▸ **Excerpted data**:

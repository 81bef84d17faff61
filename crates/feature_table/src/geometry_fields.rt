//! Geometry columns: how a field is read as a geometry of its column's type.

ghost use Rattle.std.specs.Prelude.{◌≡◌, IfErr, false};
ghost use Rattle.feature_table.specs.GeometryFields.{reading};
ghost use Rattle.feature_table.specs.Outcomes.{is_of_reading};
ghost use Rattle.table_model.specs.GeometryColumns as spec;
ghost use Rattle.table_model.specs.Outcomes.{Gives};
ghost use Rattle.table_model.specs.declared.faults.LoadFault.TheVariants as fault;

use geometry_model::GeometryType;
use sql_text::ColumnShape;
use std::alloc::Global;
use table_model::faults::LoadFault;
use validity::{Valid, read_valid};

/// The geometry in a field (06-103r4, 6.1).
pub type Geometry = Valid;

/// Whether a column can contain geometries of a type.
fn takes_type(shape: ColumnShape, geometry_type: GeometryType) -> bool
    ensures { result ≡ spec.takes_type shape geometry_type }
{
    match shape {
        None => true,
        Some(wanted) => wanted == geometry_type,
    }
}

/// The geometry of a field in a column of this type; `number` is that of the record. Its text is read first, then its
/// validity is tested, then its type.
pub(crate) fn geometry_of(
    alloc: Global,
    number: usize,
    shape: ColumnShape,
    field: &[u8],
) -> Result<Geometry, LoadFault>
    ensures not_reading { IfErr result (λ f. is_of_reading f ≡ false) }
    ensures value { Gives fault.OutOfMemory (λ g. g) result (reading number shape field.now) }
{
    match read_valid(alloc, field)? {
        Ok(valid) => {
            if takes_type(shape, valid.geometry().geometry_type()) {
                Ok(valid)
            } else {
                Err(LoadFault::WrongType(number))
            }
        }
        Err(why) => Err(LoadFault::BadGeometry(number, why)),
    }
}
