//! The typed row of a record, appended to those of earlier records.

ghost use Rattle.std.specs.Prelude.{◌≡◌, ◌+◌, ◌<◌, IfErr, OnOk, Result, false, length, map, vec_len};
ghost use Rattle.std.specs.List.{slice_index_or};
ghost use Rattle.csv.specs.Records.{fields_of};
ghost use Rattle.feature_table.specs.FlatRows.{AppendsRow};
ghost use Rattle.feature_table.specs.Layouts.{IsLayout};
ghost use Rattle.feature_table.specs.Outcomes.{is_of_reading};
ghost use Rattle.feature_table.specs.GeometryFields.{GeometryValue, reading};
ghost use Rattle.table_model.specs.Loading as spec;
ghost use Rattle.table_model.specs.Outcomes.{Gives};
ghost use Rattle.table_model.specs.declared.faults.LoadFault.{LoadFault};
ghost use Rattle.table_model.specs.declared.faults.LoadFault.TheVariants as fault;
ghost use Rattle.table_model.specs.declared.values.Value.{Value};

use crate::fields::value_of;
use crate::geometry_fields::Geometry;
use crate::headers::{Layout, field_at};
use crate::values::Values;
use csv::ByteRecord;
use sql_text::{ColumnDef, TableDef};
use sqlite_items::Items;
use std::alloc::Global;
use table_model::definitions::ROW_LIMIT;
use table_model::faults::LoadFault;
use table_model::values::Value;

/// Whether the column at a place can't be null.
fn is_required(table: &TableDef, place: usize, column: &ColumnDef) -> bool
    ensures { result ≡ spec.is_required table.now (place, column.now) }
{
    column.not_null || place == table.key
}

/// The value of a record's field in the column at a place. `places` says where the columns are in the header.
fn value_at(
    alloc: Global,
    table: &TableDef,
    places: &[usize],
    number: usize,
    record: &ByteRecord,
    place: usize,
) -> Result<Value<Geometry>, LoadFault>
    requires places { length places.now ≡ length table.now.columns }
    requires within { place < length places.now }
    ensures not_reading { IfErr result (λ f. is_of_reading f ≡ false) }
    ensures value { (header : spec.Record) (d : Result (Value GeometryValue) LoadFault)
        → places.now ≡ map (λ c. spec.place_in header c.name) table.now.columns
        → Gives fault.OutOfMemory (λ v. v) result
        (slice_index_or (spec.values_of reading table.now header number (fields_of record.now)) place d) }
{
    let columns = table.columns.as_slice();
    let column = &columns[place];
    let at = places[place];
    let required = is_required(table, place, column);
    value_of(
        alloc,
        number,
        required,
        &column.column_type,
        field_at(record, at),
    )
}

/// Appends the values of a record's fields in the columns of a table. `places` says where these are in the header.
fn push_row(
    alloc: Global,
    table: &TableDef,
    places: &[usize],
    number: usize,
    record: &ByteRecord,
    values: &mut Values,
) -> Result<(), LoadFault>
    requires { length places.now ≡ length table.now.columns }
    ensures not_reading { IfErr result (λ f. is_of_reading f ≡ false) }
    ensures width { OnOk result (length values.new ≡ length values.old + length table.now.columns) }
    ensures row { (header : spec.Record)
        → places.now ≡ map (λ c. spec.place_in header c.name) table.now.columns
        → AppendsRow fault.OutOfMemory values.old values.new result
        (spec.row_of reading table.now header number (fields_of record.now)) }
{
    for place in 0..places.len() {
        values.push(value_at(alloc, table, places, number, record, place)?)?;
    }
    Ok(())
}

/// The values of a record's fields in the columns of a table. `places` says where these are in the header.
pub fn row_of(
    alloc: Global,
    table: &TableDef,
    places: &[usize],
    number: usize,
    record: &ByteRecord,
) -> Result<Items<Value<Geometry>>, LoadFault>
    requires { length places.now ≡ length table.now.columns }
    ensures not_reading { IfErr result (λ f. is_of_reading f ≡ false) }
    ensures row { (header : spec.Record)
        → places.now ≡ map (λ c. spec.place_in header c.name) table.now.columns
        → Gives fault.OutOfMemory (λ row. row) result
        (spec.row_of reading table.now header number (fields_of record.now)) }
{
    let mut values = Vec::with_capacity(alloc, places.len())?;
    for place in 0..places.len() {
        values.push(value_at(alloc, table, places, number, record, place)?)?;
    }
    Ok(Items::from_vec(values))
}

/// Appends the row of the record with this number, after testing its length and then the number of rows.
pub(crate) fn push_checked_row(
    alloc: Global,
    table: &TableDef,
    layout: &Layout,
    number: usize,
    record: &ByteRecord,
    values: &mut Values,
) -> Result<(), LoadFault>
    requires { vec_len layout.now.places ≡ length table.now.columns }
    ensures not_reading { IfErr result (λ f. is_of_reading f ≡ false) }
    ensures width { OnOk result (length values.new ≡ length values.old + length table.now.columns) }
    ensures row { (header : spec.Record) → IsLayout table.now.columns header layout.now
        → AppendsRow fault.OutOfMemory values.old values.new result
        (spec.checked_row reading table.now header (number, fields_of record.now)) }
{
    if record.len() != layout.width {
        return Err(LoadFault::UnequalRecord(number));
    }
    if number > ROW_LIMIT {
        return Err(LoadFault::TooManyRows);
    }
    push_row(
        alloc,
        table,
        layout.places.as_slice(),
        number,
        record,
        values,
    )
}
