//! Feature tables in the style of OGC 06-104r4 (Simple Features, part 2): lawful schemas, records of CSV, databases,
//! and tables of typed rows that are loaded from records, ascend by key and have an index for each geometry column.
#![tactic(auto)]

mod cells;
mod databases;
mod fields;
mod flat_rows;
mod geometry_fields;
mod headers;
mod indexes;
mod keys;
mod last_records;
mod loading;
pub mod records;
mod tables;
mod texts;
mod typed_rows;
mod values;

pub use cells::Field;
pub use databases::Database;
pub use fields::integer_of;
pub use flat_rows::FlatRows;
pub use geometry_fields::Geometry;
pub use headers::{Layout, field_at, layout_of};
pub use indexes::Indexes;
pub use keys::{double_key, key_of, order_by_key};
pub use last_records::LastRecords;
pub use records::{Records, fault_of, next_record, record_reader};
pub use sql_text::{ColumnDef, ColumnShape, ColumnType, Schema, TableDef, lawful};
pub use table_model::faults::{LoadFault, TableFault};
pub use tables::Table;
pub use typed_rows::row_of;
pub use values::Row;
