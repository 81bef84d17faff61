//! Databases: the tables of a schema.

ghost use Rattle.std.specs.Prelude.{◌≡◌, ◌<◌, ℕ, IfErr, IfOk, List, Some, length, map, slice_get};
ghost use Rattle.std.specs.List.{slice_index_or};
ghost use Rattle.csv.specs.Records.{fields_of};
ghost use Rattle.feature_table.specs.GeometryFields.{ShapeValue, reading, takes};
ghost use Rattle.feature_table.specs.LastRecords.{AreShown, ShowsRefused};
ghost use Rattle.feature_table.specs.Outcomes.{LoadsTable};
ghost use Rattle.feature_table.specs.Tables.{AreOfRecords, AreRecordsOf, EarlierLoad, records_in, table_in, tables_in};
ghost use Rattle.feature_table.specs.HeldTables.{rows_of};
ghost use Rattle.table_model.specs.Databases.{at_table};
ghost use Rattle.table_model.specs.FeatureTables.{IsDatabase};
ghost use Rattle.table_model.specs.Loading.{Record, load};
ghost use Rattle.table_model.specs.declared.definitions.TableDef.{TableDef as Definition};

use crate::{LastRecords, Schema, Table, TableDef};
use rtree::EnvelopeIndex;
use std::alloc::Global;
use std::io::Read;
use std::marker::Model;
use table_model::faults::{LoadFault, TableFault};

/// The tables of a database: its own, or those that something else keeps.
#[derive(Drop)]
pub(crate) enum HeldTables<'s, I: EnvelopeIndex> {
    Own(Vec<Table<I>>),
    Lent(&'s Vec<Table<I>>),
}

/// The tables of a schema, which it borrows: lawful definitions, and for each the rows of its table (06-104r4, feature
/// tables).
#[derive(Drop)]
pub struct Database<'s, I: EnvelopeIndex> {
    schema: &'s Schema,
    tables: HeldTables<'s, I>,
}

impl<'s, I: EnvelopeIndex> Model for Database<'s, I> {
    ghost use Rattle.feature_table.specs.GeometryFields.{GeometryValue, ShapeValue, takes};
    ghost use Rattle.feature_table.specs.HeldTables.{rows_of};
    ghost use Rattle.table_model.specs.Databases.{Database};
    ghost use Rattle.table_model.specs.FeatureTables.{IsDatabase};

    ghost Value = { Database ShapeValue GeometryValue };

    ghost view = { λ d. record { definitions = d.schema.now; tables = rows_of d.tables } };

    ghost invariant = { λ d.
        IsDatabase takes (record { definitions = d.schema.now; tables = rows_of d.tables }) };
}

/// Loads the table at a place of a schema. A fault has that place added. The header and the records are read into `last`.
fn load_table<I: EnvelopeIndex + Drop, R: Read + Drop>(
    alloc: Global,
    schema: &Schema,
    place: usize,
    reader: R,
    last: &mut LastRecords,
) -> Result<Table<I>, TableFault>
    requires { place < length schema.now }
    ensures place { IfErr result (λ f. f.table ≡ place) }
    ensures loads { (text : List ℕ) (d : Definition ShapeValue) → R.remaining reader ≡ Some text
        → LoadsTable (λ t. t) result
        (at_table place (table_in reading (slice_index_or schema.now place d) text)) }
    ensures records { (d : Definition ShapeValue)
        → (records : List Record) × AreRecordsOf (R.remaining reader) records
        × LoadsTable (λ t. t) result
        (at_table place (load reading (slice_index_or schema.now place d) records))
        × IfErr result (λ f. ShowsRefused records (fields_of last.new.header) (fields_of last.new.record) f.fault) }
{
    match Table::load_reader(alloc, schema.table(place), reader, last) {
        Ok(table) => Ok(table),
        Err(fault) => Err(TableFault {
            table: place,
            fault,
        }),
    }
}

/// Loads the tables of a schema in order, each from the CSV text of one reader. Their headers and records are read into `last`.
fn load_tables<I: EnvelopeIndex + Drop, R: Read + Drop>(
    alloc: Global,
    schema: &Schema,
    readers: Vec<R>,
    last: &mut LastRecords,
) -> Result<Vec<Table<I>>, TableFault>
    requires { length readers.items ≡ length schema.now }
    ensures records { AreShown reading schema.now (map R.remaining readers.items) (λ tables. tables.items)
        (fields_of last.new.header) (fields_of last.new.record) result }
    ensures table { IfErr result (λ f. f.table < length schema.now) }
{
    let mut tables = Vec::new(alloc);
    for (place, reader) in readers.into_iter().enumerate() {
        let table = load_table(alloc, schema, place, reader, last)?;
        if tables.push(table).is_err() {
            return Err(TableFault {
                table: place,
                fault: LoadFault::OutOfMemory,
            });
        }
    }
    Ok(tables)
}

impl<'s, I: EnvelopeIndex + Drop> Database<'s, I> {
    /// Loads the tables of a schema in its order, each from the CSV text of one reader. The error is the first fault,
    /// if there is one, with its table: `Table::load` says which fault is the first. So a fault of reading is that of
    /// the first table whose reading failed, and each table before it has loaded. Whatever the readers return, there
    /// are records that give this result, and at Ok the tables are those of a database (06-104r4, feature tables).
    pub fn load<R: Read + Drop>(
        alloc: Global,
        schema: &'s Schema,
        readers: Vec<R>,
    ) -> Result<Database<'s, I>, TableFault>
        requires { length readers.items ≡ length schema.now }
        ensures schema { IfOk result (λ d. d.definitions ≡ schema.entry.now) }
        ensures loads { (texts : List (List ℕ)) → map R.remaining readers.items ≡ map Some texts
            → LoadsTable (λ d. d.tables) result (tables_in reading schema.entry.now texts) }
        ensures earlier { (texts : List (List ℕ)) → map R.remaining readers.items ≡ map Some texts
            → IfErr result (λ f. EarlierLoad reading schema.entry.now (map records_in texts) f.table) }
        ensures records { AreOfRecords reading schema.entry.now (map R.remaining readers.items)
            (λ d. d.tables) result }
        ensures database { IfOk result (IsDatabase takes) }
        ensures table { IfErr result (λ f. f.table < length schema.entry.now) }
    {
        Database::load_into(alloc, schema, readers, &mut LastRecords::new(alloc))
    }

    /// Like `Database::load`, but reads the header and the records of each table into `last`. If a table has a fault, its
    /// header and the record with the fault are left there, so a caller that shows them needn't read the text again. No
    /// record shows a fault of the header, a repeated key, a row too many, a fault of reading, or that memory ran out.
    pub fn load_into<R: Read + Drop>(
        alloc: Global,
        schema: &'s Schema,
        readers: Vec<R>,
        last: &mut LastRecords,
    ) -> Result<Database<'s, I>, TableFault>
        requires { length readers.items ≡ length schema.now }
        ensures schema { IfOk result (λ d. d.definitions ≡ schema.entry.now) }
        ensures loads { (texts : List (List ℕ)) → map R.remaining readers.items ≡ map Some texts
            → LoadsTable (λ d. d.tables) result (tables_in reading schema.entry.now texts) }
        ensures earlier { (texts : List (List ℕ)) → map R.remaining readers.items ≡ map Some texts
            → IfErr result (λ f. EarlierLoad reading schema.entry.now (map records_in texts) f.table) }
        ensures records { AreShown reading schema.entry.now (map R.remaining readers.items) (λ d. d.tables)
            (fields_of last.new.header) (fields_of last.new.record) result }
        ensures database { IfOk result (IsDatabase takes) }
        ensures table { IfErr result (λ f. f.table < length schema.entry.now) }
    {
        // The definitions are lawful, as those of a database are.
        let _definitions = schema.tables();
        let tables = load_tables(alloc, schema, readers, last)?;
        Ok(Database {
            schema,
            tables: HeldTables::Own(tables),
        })
    }

    /// Makes a database from a schema and from tables that something else keeps, one for each definition. It needs no memory.
    pub fn lent(schema: &'s Schema, tables: &'s Vec<Table<I>>) -> Database<'s, I>
        requires { IsDatabase takes (record { definitions = schema.now; tables = tables.now.items }) }
        ensures { result ≡ record { definitions = schema.entry.now; tables = tables.entry.now.items } }
    {
        Database {
            schema,
            tables: HeldTables::Lent(tables),
        }
    }

    /// Lends the definitions of the tables, in the order of the schema. With its tables they are a database (06-104r4,
    /// feature tables).
    pub fn definitions(&self) -> &'s [TableDef]
        ensures value { result.now ≡ self.now.definitions }
        ensures database { IsDatabase takes self.now }
    {
        self.schema.tables()
    }

    /// Lends the table at a place of the schema.
    pub fn table(&self, i: usize) -> &Table<I>
        requires { i < length self.now.definitions }
        ensures { slice_get self.now.tables i ≡ Some result.now }
    {
        match &self.tables {
            HeldTables::Own(tables) => &tables[i],
            HeldTables::Lent(tables) => &tables[i],
        }
    }
}
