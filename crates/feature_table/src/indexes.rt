//! The indexes of a table's geometry columns.

ghost use Rattle.std.specs.Prelude.{◌≡◌, IfOk, None, Some, map};
ghost use Rattle.feature_table.specs.GeometryFields.{GeometryValue, takes};
ghost use Rattle.feature_table.specs.Indexes.{HoldsNone, ListColumns, absent, column_envelopes, field_envelope, field_in};
ghost use Rattle.table_model.specs.FeatureTables.{AreRows};
ghost use Rattle.table_model.specs.Meanings as plain;

use crate::cells::Field;
use crate::flat_rows::FlatRows;
use crate::values::Row;
use rtree::{Envelope, EnvelopeIndex};
use sql_text::{ColumnType, TableDef};
use std::alloc::{AllocError, Global};

/// An index for each geometry column, and one index for all other columns, which lists an absent envelope for each row.
#[derive(Drop)]
pub struct Indexes<I> {
    /// For each column its own index, if it is a geometry column.
    own: Vec<Option<I>>,
    /// The index of the columns that have no geometries.
    bare: I,
}

impl<I: EnvelopeIndex + Drop> Indexes<I> {
    /// Builds the indexes of the columns of a table. It fails only when memory runs out.
    pub fn build(alloc: Global, table: &TableDef, rows: &FlatRows) -> Result<Indexes<I>, AllocError>
        requires { AreRows takes table.now rows.now }
        ensures { IfOk result (λ indexes. ListColumns I.indexed rows.now indexes) }
    {
        let columns = table.columns.as_slice();
        let mut own = Vec::new(alloc);
        for place in 0..columns.len() {
            own.push(own_index(alloc, &columns[place].column_type, rows, place)?)?;
        }
        let bare = bare_index(alloc, rows)?;
        Ok(Indexes { own, bare })
    }

    /// Lends the index of a column.
    pub fn get(&self, column: usize) -> &I
        ensures { (rows : plain.Table GeometryValue)
            → ListColumns I.indexed rows self.now
            → I.indexed result.now ≡ column_envelopes column rows }
    {
        match self.own.get(column) {
            Some(Some(index)) => index,
            _ => &self.bare,
        }
    }
}

/// Builds the index of a geometry column. Other columns have no index of their own.
fn own_index<I: EnvelopeIndex + Drop>(
    alloc: Global,
    column_type: &ColumnType,
    rows: &FlatRows,
    column: usize,
) -> Result<Option<I>, AllocError>
    ensures own { IfOk result
        (λ own. (index : I) → own ≡ Some index → I.indexed index ≡ column_envelopes column rows.now) }
    ensures none { IfOk result (λ own. own ≡ None → HoldsNone column_type.now) }
{
    match column_type {
        ColumnType::Integer | ColumnType::Text => Ok(None),
        ColumnType::Geometry(_) => Ok(Some(index_of(alloc, rows, column)?)),
    }
}

/// Builds the index of the geometries in a column.
fn index_of<I: EnvelopeIndex + Drop>(
    alloc: Global,
    rows: &FlatRows,
    column: usize,
) -> Result<I, AllocError>
    ensures { IfOk result (λ index. I.indexed index ≡ column_envelopes column rows.now) }
{
    let mut envelopes = Vec::with_capacity(alloc, rows.len())?;
    for place in 0..rows.len() {
        envelopes.push(envelope_in(&rows.row(place), column))?;
    }
    I::build(alloc, envelopes.as_slice())
}

/// Builds an index of as many absent envelopes as there are rows.
fn bare_index<I: EnvelopeIndex + Drop>(alloc: Global, rows: &FlatRows) -> Result<I, AllocError>
    ensures { IfOk result (λ index. I.indexed index ≡ map absent rows.now) }
{
    let mut envelopes = Vec::with_capacity(alloc, rows.len())?;
    for _place in 0..rows.len() {
        envelopes.push(None)?;
    }
    I::build(alloc, envelopes.as_slice())
}

/// The envelope of the geometry in a column of a row, if there is one.
fn envelope_in(row: &Row<'_>, column: usize) -> Option<Envelope>
    ensures { result ≡ field_envelope (field_in column row.now) }
{
    match row.get(column) {
        Some(Field::Geom(geometry)) => Envelope::of(geometry),
        _ => None,
    }
}
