//! The texts of a table, in one list.

ghost use Rattle.std.specs.Prelude.{◌≡◌, ◌++◌, ◌∷◌, [], is_ok, length, option_map, slice_get, string_bytes, if◌then◌else◌};
ghost use Rattle.feature_table.specs.Texts.{IsCut, text_at};

use std::alloc::{AllocError, Global};
use std::marker::Model;

/// Where a text is among the bytes of all texts: the place at which it begins, and the place just after its end.
#[derive(Clone, Copy)]
pub(crate) struct Cut {
    start: usize,
    end: usize,
}

/// The text between two places.
fn text_of(all: &str, cut: Cut) -> &str
    requires { IsCut all.now cut }
    ensures { result.now ≡ text_at all.now cut }
{
    &all[cut.start..cut.end]
}

/// Texts one after another in one piece of memory. Contracts see them as the list of their bytes.
#[derive(Drop)]
pub(crate) struct Texts {
    all: String,
    cuts: Vec<Cut>,
}

impl Model for Texts {
    ghost use Rattle.std.specs.Prelude.{List, map, string_bytes, ℕ};
    ghost use Rattle.std.specs.List.{All};
    ghost use Rattle.feature_table.specs.Texts.{IsCut, text_at};

    ghost Value = { List (List ℕ) };

    ghost view = { λ t. map (text_at (string_bytes t.all)) t.cuts.items };

    ghost invariant = { λ t. All (IsCut (string_bytes t.all)) t.cuts.items };
}

impl Texts {
    /// Makes an empty list of texts.
    pub(crate) fn new(alloc: Global) -> Texts
        ensures { result ≡ [] }
    {
        Texts {
            all: String::new(alloc),
            cuts: Vec::new(alloc),
        }
    }

    /// The number of texts.
    pub(crate) fn len(&self) -> usize
        ensures { result ≡ length self.now }
    {
        self.cuts.len()
    }

    /// Appends a copy of a text. If memory runs out, nothing is appended.
    pub(crate) fn push(&mut self, text: &str) -> Result<(), AllocError>
        ensures { self.new ≡ (if is_ok result then self.old ++ text.now ∷ [] else self.old) }
    {
        let start = self.all.len();
        self.all.push_str(text)?;
        let end = self.all.len();
        self.cuts.push(Cut { start, end })?;
        Ok(())
    }

    /// Lends the text at a place, if there is one.
    pub(crate) fn get(&self, place: usize) -> Option<&str>
        ensures { option_map (λ text. text.now) result ≡ slice_get self.now place }
    {
        match self.cuts.get(place) {
            Some(cut) => Some(text_of(self.all.as_str(), *cut)),
            None => None,
        }
    }
}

▸ **What is expected**:
Take every line from the data above that holds "appended" and copy it out.

▸ **Exercise solution**:
//! The typed row of a record, appended to those of earlier records.
    /// Appends a copy of a text. If memory runs out, nothing is appended.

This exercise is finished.